If log entries in the log db continue to grow, it can lead to insufficient disk space, necessitating periodic freeing of disk space, achieved through truncation.

Logservice uses an in-memory-based state machine, which does not record user data but only some metadata and state information, such as tick, state, and LSN. User data is recorded by TN TAE itself. In MO, the state machine is separate, with TAE and logservice each maintaining a state machine.

Under this separated state machine design, a simple snapshot mechanism can cause problems:

  1. As shown in the diagram, TAE sends a truncate request, with the truncate index being 100, but at this point, the applied index of the logservice state machine is 200, meaning logs before 200 will be deleted, and then a snapshot is generated at this position.

    Note:

    truncate_index != applied_index
    
  2. Cluster restarts.

  3. The Logservice state machine applies the snapshot with an index of 200 and sets the first index to 200 (logs before 200 are deleted), then the Logservice state machine begins replaying logs, providing services externally after replaying is complete.

  4. TAE reads log entries from logservice, starting at position 100, but cannot read because logs before 200 have been deleted,resulting in an error.

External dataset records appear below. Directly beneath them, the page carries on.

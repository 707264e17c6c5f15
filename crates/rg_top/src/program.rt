//! What the program does: it hands words, files and streams of the process to `run`, whose status is the exit status.
ghost use Rattle.std.specs.Prelude.{◌≡◌};
ghost use Rattle.std.specs.Process.{exit_status};
ghost use Rattle.rg_top.specs.Exit.{exit_number};

use crate::run_whole::run;
use crate::status::Status;
use rg_ports::{FolderShelf, NoGate, StdSink};
use std::env;
use std::io::ErrorKind;
use std::process::ExitCode;
use std::thread::Threads;

/// How the program ends.
#[derive(Drop)]
pub enum ProgramEnd {
    /// With what `run` returned.
    Ran(Status),
    /// Memory ran out before the words were there.
    NoMemory,
    /// The words can't be had for another cause, such as a word that isn't UTF-8.
    NoWords,
}

/// Returns the exit status: the number of what `run` returned, 7 if memory ran out before the words were there, 9 if
/// the words couldn't be had for another cause.
pub fn exit_code(end: &ProgramEnd) -> ExitCode
    ensures { exit_status result ≡ exit_number end.now }
{
    match end {
        ProgramEnd::Ran(status) => ExitCode::from(status.number()),
        ProgramEnd::NoMemory => ExitCode::from(7),
        ProgramEnd::NoWords => ExitCode::from(9),
    }
}

// The words after the program's name, or the end if there are none.
fn words_given(rt: &HostRuntime) -> Result<Vec<String>, ProgramEnd> {
    let args = match env::args(rt) {
        Ok(args) => args,
        Err(e) if e.kind() == ErrorKind::OutOfMemory => return Err(ProgramEnd::NoMemory),
        Err(_) => return Err(ProgramEnd::NoWords),
    };
    match args.skip(1).collect(rt.alloc()) {
        Ok(words) => Ok(words),
        Err(_) => Err(ProgramEnd::NoMemory),
    }
}

// Runs the command that the process's words name.
fn end_of_run<R: Threads + Sync>(rt: HostRuntime, threads: &R) -> ProgramEnd {
    let words = match words_given(&rt) {
        Ok(words) => words,
        Err(end) => return end,
    };
    let mut shelf = FolderShelf::new(rt);
    let mut out = StdSink::out(rt);
    let mut err = StdSink::err(rt);
    let status = run(
        threads,
        rt.alloc(),
        &words,
        &mut shelf,
        &mut out,
        &mut err,
        &NoGate,
    );
    ProgramEnd::Ran(status)
}

/// Runs the command that the process's words name, over the files of the current folder and the standard streams, and
/// returns the exit status. The threads are those of `main`'s runtime, which only `main` can hand on.
pub fn run_program<R: Threads + Sync>(rt: HostRuntime, threads: &R) -> ExitCode {
    exit_code(&end_of_run(rt, threads))
}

To solve the problem described above, the overall workflow of truncation is as follows

TAE sends a truncate request, updating the truncateLsn in the logservice state machine. At this point, only the value is updated without performing any snapshot/truncate operations. Each logservice server internally starts a truncation worker that sends a Truncate Request periodically. Note that the Exported parameter in this Request is set to true, indicating that the snapshot is invisible to the system and is merely exported to a specific directory.

The truncation worker also checks the list of currently exported snapshots to see if there is any with an index greater than the truncateLsn in the logservice state machine. If so, the snapshot closest to the truncateLsn is imported into the system, making it effective and visible to the system. All replicas perform the same operation, ensuring that the snapshot lsn of both state machines is the same. This allows for reading the corresponding log entries upon cluster restart.

The above is the main working principle of the logservice module.